- Exercise details
How many lines in the data hold the string "List"? State the number alone.

- Exercise data

****************************************

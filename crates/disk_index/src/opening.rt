// Reading what is kept of a segment's file.
ghost use Rattle.std.specs.Prelude.{◌≡◌, ◌≢◌, ◌≤◌, ◌<◌, ◌^◌, ℕ, List, Some, Ok, Err, IfOk, IfErr, length, take};
ghost use Rattle.std.specs.List.{All, AllPairs};
ghost use Rattle.ri_base.specs.Documents.{Document};
ghost use Rattle.ri_base.specs.Keeps.{Rose};
ghost use Rattle.ri_base.specs.Vocabulary.{IsTermBefore};
ghost use Rattle.store_ends.specs.Files.{Files, IsQuiet};
ghost use Rattle.seg_codec.specs.Dictionary.{dictionary};
ghost use Rattle.seg_codec.specs.Documents.{documents};
ghost use Rattle.seg_codec.specs.declared.documents.Entry.{Entry};
ghost use Rattle.disk_index.specs.Blocks.{file_of};
ghost use Rattle.disk_index.specs.Kept.{AreKept, ArePlaces, IsOutline, IsSegmentOf};
ghost use Rattle.disk_index.specs.Opening.{AreInOrder, IsOpenFault, IsOpened, dictionary_in, documents_in, header_in};

use crate::reading::read_bytes;
use ri_base::file_fields::u32_at;
use ri_base::{FileName, NoMemory, SegFault};
use seg_codec::{Dictionary, Documents, Header, read_dictionary, read_documents, read_header};
use std::alloc::{AllocError, Global};
use store_ends::Store;

const HEADER_LENGTH: usize = 64;

/// Where a header tells the number of documents.
const DOCS_PLACE: usize = 12;

/// What is kept of a segment's file, and where its blocks begin.
#[derive(Drop)]
pub(crate) struct KeptParts {
    pub documents: Documents,
    pub dictionary: Dictionary,
    pub blocks_at: u64,
}

/// The header of the file, of a segment of so many documents and bytes.
fn header_of<T: Store>(
    alloc: Global,
    store: &mut T,
    number: u64,
    docs: u32,
    size: u64,
) -> Result<Header, SegFault>
    ensures in_order { IfOk result AreInOrder }
    ensures docs { IfOk result (λ h. h.docs ≡ docs) }
    ensures found { (f : Files) → T.files store.old ≡ Some f → size ≡ length (file_of f number) → IfOk result (λ h. header_in (file_of f number) docs ≡ Ok h) }
    ensures fault { (f : Files) → T.files store.old ≡ Some f → size ≡ length (file_of f number) → IfErr result (IsOpenFault f number docs) }
    ensures quiet { IsQuiet T.files T.layers T.clock T.since T.longest T.held store.old store.new }
    ensures later { T.faults store.old ≤ T.faults store.new }
    ensures store { result ≡ Err SegFault.Store → Rose (T.faults store.old) (T.faults store.new) }
    ensures none { result ≢ Err SegFault.Store → T.faults store.new ≡ T.faults store.old }
{
    let bytes = read_bytes(alloc, store, number, 0, HEADER_LENGTH)?;
    read_header(&bytes, FileName::Segment(number), docs, size)
}

/// The documents part of the file with this header.
fn documents_of<T: Store>(
    alloc: Global,
    store: &mut T,
    number: u64,
    header: &Header,
) -> Result<Documents, SegFault>
    requires { AreInOrder header.now }
    ensures kept { IfOk result (All IsOutline) }
    ensures docs { IfOk result (λ es. length es ≡ header.now.docs) }
    ensures found { (f : Files) → T.files store.old ≡ Some f → IfOk result (λ es. documents header.now (documents_in (file_of f number) header.now) ≡ Ok es) }
    ensures fault { (f : Files) (docs : ℕ) → T.files store.old ≡ Some f → header_in (file_of f number) docs ≡ Ok header.now → IfErr result (IsOpenFault f number docs) }
    ensures quiet { IsQuiet T.files T.layers T.clock T.since T.longest T.held store.old store.new }
    ensures later { T.faults store.old ≤ T.faults store.new }
    ensures store { result ≡ Err SegFault.Store → Rose (T.faults store.old) (T.faults store.new) }
    ensures none { result ≢ Err SegFault.Store → T.faults store.new ≡ T.faults store.old }
{
    let count = (header.dictionary_at - header.documents_at) as usize;
    let bytes = read_bytes(alloc, store, number, header.documents_at, count)?;
    read_documents(alloc, &bytes, FileName::Segment(number), header)
}

/// The dictionary of the file with this header.
fn dictionary_of<T: Store>(
    alloc: Global,
    store: &mut T,
    number: u64,
    header: &Header,
) -> Result<Dictionary, SegFault>
    requires { AreInOrder header.now }
    ensures terms { IfOk result (AllPairs (λ a b. IsTermBefore a.term b.term)) }
    ensures places { IfOk result (All ArePlaces) }
    ensures few { IfOk result (λ ts. length ts < 2 ^ 32) }
    ensures found { (f : Files) → T.files store.old ≡ Some f → IfOk result (λ ts. dictionary header.now (dictionary_in (file_of f number) header.now) ≡ Ok ts) }
    ensures fault { (f : Files) (docs : ℕ) (es : List Entry) → T.files store.old ≡ Some f → header_in (file_of f number) docs ≡ Ok header.now
        → documents header.now (documents_in (file_of f number) header.now) ≡ Ok es → IfErr result (IsOpenFault f number docs) }
    ensures quiet { IsQuiet T.files T.layers T.clock T.since T.longest T.held store.old store.new }
    ensures later { T.faults store.old ≤ T.faults store.new }
    ensures store { result ≡ Err SegFault.Store → Rose (T.faults store.old) (T.faults store.new) }
    ensures none { result ≢ Err SegFault.Store → T.faults store.new ≡ T.faults store.old }
{
    let count = (header.blocks_at - header.dictionary_at) as usize;
    let bytes = read_bytes(alloc, store, number, header.dictionary_at, count)?;
    read_dictionary(alloc, &bytes, FileName::Segment(number), header)
}

/// The documents without their tokens, and the dictionary, of the segment of so many documents in the file of this number, which
/// has so many bytes.
pub(crate) fn read_kept<T: Store>(
    alloc: Global,
    store: &mut T,
    number: u64,
    docs: u32,
    size: u64,
) -> Result<KeptParts, SegFault>
    ensures kept { IfOk result (λ x. AreKept x.documents x.dictionary) }
    ensures docs { IfOk result (λ x. length x.documents ≡ docs) }
    ensures found { (f : Files) → T.files store.old ≡ Some f → size ≡ length (file_of f number)
        → IfOk result (λ x. IsOpened (file_of f number) docs (record { number = number; outlines = x.documents; dictionary = x.dictionary; begin = x.blocks_at })) }
    ensures fault { (f : Files) → T.files store.old ≡ Some f → size ≡ length (file_of f number) → IfErr result (IsOpenFault f number docs) }
    ensures quiet { IsQuiet T.files T.layers T.clock T.since T.longest T.held store.old store.new }
    ensures later { T.faults store.old ≤ T.faults store.new }
    ensures store { result ≡ Err SegFault.Store → Rose (T.faults store.old) (T.faults store.new) }
    ensures none { result ≢ Err SegFault.Store → T.faults store.new ≡ T.faults store.old }
{
    let header = header_of(alloc, store, number, docs, size)?;
    let documents = documents_of(alloc, store, number, &header)?;
    let dictionary = dictionary_of(alloc, store, number, &header)?;
    Ok(KeptParts {
        documents,
        dictionary,
        blocks_at: header.blocks_at,
    })
}

/// The first bytes, so many, or all where there are no more.
fn front(bytes: &[u8], count: usize) -> &[u8]
    ensures { result.now ≡ take count bytes.now }
{
    if count < bytes.len() {
        &bytes[..count]
    } else {
        bytes
    }
}

/// The header of a segment of so many documents, whose bytes these are.
fn header_within(bytes: &[u8], number: u64, docs: u32) -> Result<Header, SegFault>
    ensures in_order { IfOk result AreInOrder }
    ensures size { IfOk result (λ h. h.length ≡ length bytes.now) }
    ensures found { IfOk result (λ h. header_in bytes.now docs ≡ Ok h) }
{
    let head = front(bytes, HEADER_LENGTH);
    read_header(head, FileName::Segment(number), docs, bytes.len() as u64)
}

/// The documents part of the bytes with this header.
fn documents_within(
    alloc: Global,
    bytes: &[u8],
    number: u64,
    header: &Header,
) -> Result<Documents, SegFault>
    requires order { AreInOrder header.now }
    requires size { header.now.length ≡ length bytes.now }
    ensures kept { IfOk result (All IsOutline) }
    ensures found { IfOk result (λ es. documents header.now (documents_in bytes.now header.now) ≡ Ok es) }
{
    let part = &bytes[header.documents_at as usize..header.dictionary_at as usize];
    read_documents(alloc, part, FileName::Segment(number), header)
}

/// The dictionary of the bytes with this header.
fn dictionary_within(
    alloc: Global,
    bytes: &[u8],
    number: u64,
    header: &Header,
) -> Result<Dictionary, SegFault>
    requires order { AreInOrder header.now }
    requires size { header.now.length ≡ length bytes.now }
    ensures terms { IfOk result (AllPairs (λ a b. IsTermBefore a.term b.term)) }
    ensures places { IfOk result (All ArePlaces) }
    ensures few { IfOk result (λ ts. length ts < 2 ^ 32) }
    ensures found { IfOk result (λ ts. dictionary header.now (dictionary_in bytes.now header.now) ≡ Ok ts) }
{
    let part = &bytes[header.dictionary_at as usize..header.blocks_at as usize];
    read_dictionary(alloc, part, FileName::Segment(number), header)
}

/// The documents without their tokens, and the dictionary, of a segment of so many documents, whose bytes these are.
pub(crate) fn kept_within(
    alloc: Global,
    bytes: &[u8],
    number: u64,
    docs: u32,
) -> Result<KeptParts, SegFault>
    ensures kept { IfOk result (λ x. AreKept x.documents x.dictionary) }
    ensures small { IfOk result (λ _. length bytes.now < 2 ^ 64) }
    ensures found { IfOk result (λ x. IsOpened bytes.now docs (record { number = number; outlines = x.documents; dictionary = x.dictionary; begin = x.blocks_at })) }
{
    let header = header_within(bytes, number, docs)?;
    let documents = documents_within(alloc, bytes, number, &header)?;
    let dictionary = dictionary_within(alloc, bytes, number, &header)?;
    Ok(KeptParts {
        documents,
        dictionary,
        blocks_at: header.blocks_at,
    })
}

/// How many documents the segment has that these bytes are. Of bytes that are no segment nothing is said.
pub(crate) fn docs_within(bytes: &[u8]) -> Result<u32, NoMemory>
    ensures { (docs : List Document) → IsSegmentOf bytes.now docs → IfOk result (λ n. n ≡ length docs) }
{
    if bytes.len() < DOCS_PLACE {
        return Err(AllocError);
    }
    match u32_at(&bytes[DOCS_PLACE..]) {
        Ok((docs, _)) => Ok(docs),
        Err(_) => Err(AllocError),
    }
}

****************************************

- Exercise answer
4